The expected answer is the set of lines in the data below between the line holding "its pads bare." and the line holding "impl<F: Read> Read", inclusive, written out exactly.
*** Records for the exercise Section Begins ***
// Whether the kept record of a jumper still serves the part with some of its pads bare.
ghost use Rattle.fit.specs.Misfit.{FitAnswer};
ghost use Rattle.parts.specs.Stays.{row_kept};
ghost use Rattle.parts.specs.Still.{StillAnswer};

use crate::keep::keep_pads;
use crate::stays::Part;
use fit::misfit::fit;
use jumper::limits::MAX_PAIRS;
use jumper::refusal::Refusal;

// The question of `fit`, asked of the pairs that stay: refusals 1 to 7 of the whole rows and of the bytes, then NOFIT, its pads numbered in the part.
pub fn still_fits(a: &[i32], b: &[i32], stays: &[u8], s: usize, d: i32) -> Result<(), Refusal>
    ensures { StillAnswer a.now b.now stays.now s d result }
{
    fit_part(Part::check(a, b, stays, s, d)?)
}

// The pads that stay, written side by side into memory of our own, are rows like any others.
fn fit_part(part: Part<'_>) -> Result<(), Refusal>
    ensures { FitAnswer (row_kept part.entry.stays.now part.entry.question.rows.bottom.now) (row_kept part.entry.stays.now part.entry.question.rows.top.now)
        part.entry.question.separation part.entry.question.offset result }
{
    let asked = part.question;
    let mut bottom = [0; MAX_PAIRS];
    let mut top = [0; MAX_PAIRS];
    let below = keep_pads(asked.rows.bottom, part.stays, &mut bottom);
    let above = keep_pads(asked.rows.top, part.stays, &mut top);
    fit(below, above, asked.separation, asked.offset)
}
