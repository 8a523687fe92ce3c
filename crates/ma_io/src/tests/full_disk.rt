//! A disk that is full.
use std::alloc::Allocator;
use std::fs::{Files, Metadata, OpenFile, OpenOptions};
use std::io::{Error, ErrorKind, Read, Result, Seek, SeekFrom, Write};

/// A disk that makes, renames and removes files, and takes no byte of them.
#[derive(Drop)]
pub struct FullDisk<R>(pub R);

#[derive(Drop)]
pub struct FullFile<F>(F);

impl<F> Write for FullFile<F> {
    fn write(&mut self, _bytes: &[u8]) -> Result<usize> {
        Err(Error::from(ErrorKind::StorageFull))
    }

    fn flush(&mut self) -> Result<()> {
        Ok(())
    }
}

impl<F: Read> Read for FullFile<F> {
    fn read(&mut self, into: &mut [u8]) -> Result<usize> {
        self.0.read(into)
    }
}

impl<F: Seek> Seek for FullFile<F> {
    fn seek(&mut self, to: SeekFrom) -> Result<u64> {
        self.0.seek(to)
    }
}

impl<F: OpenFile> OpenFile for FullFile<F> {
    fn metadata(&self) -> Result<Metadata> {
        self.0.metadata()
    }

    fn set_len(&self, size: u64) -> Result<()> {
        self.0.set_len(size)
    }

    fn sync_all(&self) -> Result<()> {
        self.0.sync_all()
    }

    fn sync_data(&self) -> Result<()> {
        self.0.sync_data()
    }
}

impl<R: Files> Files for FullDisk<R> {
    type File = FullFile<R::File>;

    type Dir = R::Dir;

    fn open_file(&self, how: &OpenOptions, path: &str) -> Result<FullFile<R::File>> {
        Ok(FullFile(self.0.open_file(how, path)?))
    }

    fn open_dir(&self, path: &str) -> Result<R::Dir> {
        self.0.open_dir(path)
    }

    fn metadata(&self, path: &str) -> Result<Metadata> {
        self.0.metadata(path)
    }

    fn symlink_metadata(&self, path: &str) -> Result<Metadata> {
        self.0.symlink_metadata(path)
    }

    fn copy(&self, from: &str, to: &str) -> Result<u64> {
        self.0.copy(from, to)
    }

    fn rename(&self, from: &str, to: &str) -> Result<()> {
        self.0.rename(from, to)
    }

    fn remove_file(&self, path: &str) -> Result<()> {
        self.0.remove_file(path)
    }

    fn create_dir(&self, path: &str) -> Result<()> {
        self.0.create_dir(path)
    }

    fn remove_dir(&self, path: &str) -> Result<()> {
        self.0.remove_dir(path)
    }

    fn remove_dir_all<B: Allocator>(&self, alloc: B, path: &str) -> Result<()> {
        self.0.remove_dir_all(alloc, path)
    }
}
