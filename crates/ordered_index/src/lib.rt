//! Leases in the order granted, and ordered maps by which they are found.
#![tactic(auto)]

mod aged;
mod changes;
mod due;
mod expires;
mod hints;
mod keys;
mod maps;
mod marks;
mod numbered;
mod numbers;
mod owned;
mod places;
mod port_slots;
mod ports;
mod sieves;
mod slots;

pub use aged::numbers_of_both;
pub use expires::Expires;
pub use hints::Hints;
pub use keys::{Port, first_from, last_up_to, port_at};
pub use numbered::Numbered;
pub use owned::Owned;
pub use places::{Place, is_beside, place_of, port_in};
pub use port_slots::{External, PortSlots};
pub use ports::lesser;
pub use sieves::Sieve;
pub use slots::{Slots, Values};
*** Records for the exercise Section Ends ***
*** Records for the exercise Section Begins ***
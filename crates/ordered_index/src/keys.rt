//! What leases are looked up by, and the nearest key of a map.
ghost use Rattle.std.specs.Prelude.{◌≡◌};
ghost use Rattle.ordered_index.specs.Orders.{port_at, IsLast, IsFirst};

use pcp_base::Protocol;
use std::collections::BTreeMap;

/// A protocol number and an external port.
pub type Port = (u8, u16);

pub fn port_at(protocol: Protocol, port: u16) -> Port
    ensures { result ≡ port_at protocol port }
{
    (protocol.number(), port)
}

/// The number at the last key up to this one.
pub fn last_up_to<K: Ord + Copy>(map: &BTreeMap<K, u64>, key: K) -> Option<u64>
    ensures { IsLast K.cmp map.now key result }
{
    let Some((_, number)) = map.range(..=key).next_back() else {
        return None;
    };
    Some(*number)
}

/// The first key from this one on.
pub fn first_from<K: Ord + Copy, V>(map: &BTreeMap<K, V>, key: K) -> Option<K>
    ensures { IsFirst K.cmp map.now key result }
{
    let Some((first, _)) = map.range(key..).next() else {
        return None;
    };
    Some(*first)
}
*** Records for the exercise Section Ends ***
*** Records for the exercise Section Begins ***
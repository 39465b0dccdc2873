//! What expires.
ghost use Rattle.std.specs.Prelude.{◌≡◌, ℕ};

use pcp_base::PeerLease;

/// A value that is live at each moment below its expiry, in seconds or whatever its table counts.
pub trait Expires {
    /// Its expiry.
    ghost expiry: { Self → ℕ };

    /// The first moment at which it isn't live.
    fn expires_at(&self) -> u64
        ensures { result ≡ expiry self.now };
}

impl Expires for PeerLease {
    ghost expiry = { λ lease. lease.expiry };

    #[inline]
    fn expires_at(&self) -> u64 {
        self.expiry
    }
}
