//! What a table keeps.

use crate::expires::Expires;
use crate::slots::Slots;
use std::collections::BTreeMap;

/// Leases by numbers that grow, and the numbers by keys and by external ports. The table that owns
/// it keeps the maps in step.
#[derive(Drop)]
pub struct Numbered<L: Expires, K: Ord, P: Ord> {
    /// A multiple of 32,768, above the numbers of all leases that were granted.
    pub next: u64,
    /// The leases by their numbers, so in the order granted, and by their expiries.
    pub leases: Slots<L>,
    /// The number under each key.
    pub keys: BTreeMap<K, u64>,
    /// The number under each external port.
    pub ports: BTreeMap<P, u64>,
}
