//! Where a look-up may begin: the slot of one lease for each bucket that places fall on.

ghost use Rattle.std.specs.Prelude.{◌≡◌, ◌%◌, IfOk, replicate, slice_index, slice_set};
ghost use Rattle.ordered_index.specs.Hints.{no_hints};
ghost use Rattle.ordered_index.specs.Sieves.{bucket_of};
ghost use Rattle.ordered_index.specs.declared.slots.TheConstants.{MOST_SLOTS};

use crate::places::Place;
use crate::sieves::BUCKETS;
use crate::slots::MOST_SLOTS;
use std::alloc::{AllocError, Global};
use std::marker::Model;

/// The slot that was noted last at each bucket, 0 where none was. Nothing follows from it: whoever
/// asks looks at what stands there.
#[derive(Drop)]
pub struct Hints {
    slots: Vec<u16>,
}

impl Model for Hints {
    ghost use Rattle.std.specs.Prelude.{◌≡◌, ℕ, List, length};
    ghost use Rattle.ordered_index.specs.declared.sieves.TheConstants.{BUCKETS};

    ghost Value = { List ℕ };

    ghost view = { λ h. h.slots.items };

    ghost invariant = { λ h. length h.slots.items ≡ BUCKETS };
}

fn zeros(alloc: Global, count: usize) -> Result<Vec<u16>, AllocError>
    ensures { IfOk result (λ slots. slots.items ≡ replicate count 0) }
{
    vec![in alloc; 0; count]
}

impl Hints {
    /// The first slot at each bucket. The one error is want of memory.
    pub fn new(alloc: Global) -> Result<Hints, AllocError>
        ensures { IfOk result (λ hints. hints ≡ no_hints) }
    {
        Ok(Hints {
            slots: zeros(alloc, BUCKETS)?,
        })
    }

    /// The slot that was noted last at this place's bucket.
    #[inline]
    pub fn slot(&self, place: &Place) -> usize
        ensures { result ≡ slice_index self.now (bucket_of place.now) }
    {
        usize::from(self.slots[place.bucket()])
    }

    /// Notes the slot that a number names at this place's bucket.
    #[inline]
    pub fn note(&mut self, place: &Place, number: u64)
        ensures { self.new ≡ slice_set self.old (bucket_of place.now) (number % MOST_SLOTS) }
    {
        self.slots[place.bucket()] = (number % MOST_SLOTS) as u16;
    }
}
*** Records for the exercise Section Ends ***
__Written solution__
// Whether the kept record of a jumper still serves the part with some of its pads bare.
ghost use Rattle.fit.specs.Misfit.{FitAnswer};
ghost use Rattle.parts.specs.Stays.{row_kept};
ghost use Rattle.parts.specs.Still.{StillAnswer};

use crate::keep::keep_pads;
use crate::stays::Part;
use fit::misfit::fit;
use jumper::limits::MAX_PAIRS;
use jumper::refusal::Refusal;

// The question of `fit`, asked of the pairs that stay: refusals 1 to 7 of the whole rows and of the bytes, then NOFIT, its pads numbered in the part.
pub fn still_fits(a: &[i32], b: &[i32], stays: &[u8], s: usize, d: i32) -> Result<(), Refusal>
    ensures { StillAnswer a.now b.now stays.now s d result }
{
    fit_part(Part::check(a, b, stays, s, d)?)
}

// The pads that stay, written side by side into memory of our own, are rows like any others.
fn fit_part(part: Part<'_>) -> Result<(), Refusal>
    ensures { FitAnswer (row_kept part.entry.stays.now part.entry.question.rows.bottom.now) (row_kept part.entry.stays.now part.entry.question.rows.top.now)
        part.entry.question.separation part.entry.question.offset result }
{
    let asked = part.question;
    let mut bottom = [0; MAX_PAIRS];
    let mut top = [0; MAX_PAIRS];
    let below = keep_pads(asked.rows.bottom, part.stays, &mut bottom);
    let above = keep_pads(asked.rows.top, part.stays, &mut top);
    fit(below, above, asked.separation, asked.offset)
}
repository 8a523687fe92ce3c
filename crates/ma_io/src/tests/full_disk.rt
//! A disk that is full.
use std::alloc::Allocator;
use std::fs::{Files, Metadata, OpenFile, OpenOptions};
use std::io::{Error, ErrorKind, Read, Result, Seek, SeekFrom, Write};

/// A disk that makes, renames and removes files, and takes no byte of them.
#[derive(Drop)]
pub struct FullDisk<R>(pub R);

#[derive(Drop)]
pub struct FullFile<F>(F);

impl<F> Write for FullFile<F> {
    fn write(&mut self, _bytes: &[u8]) -> Result<usize> {
        Err(Error::from(ErrorKind::StorageFull))
    }

    fn flush(&mut self) -> Result<()> {
        Ok(())
    }
}

impl<F: Read> Read for FullFile<F> {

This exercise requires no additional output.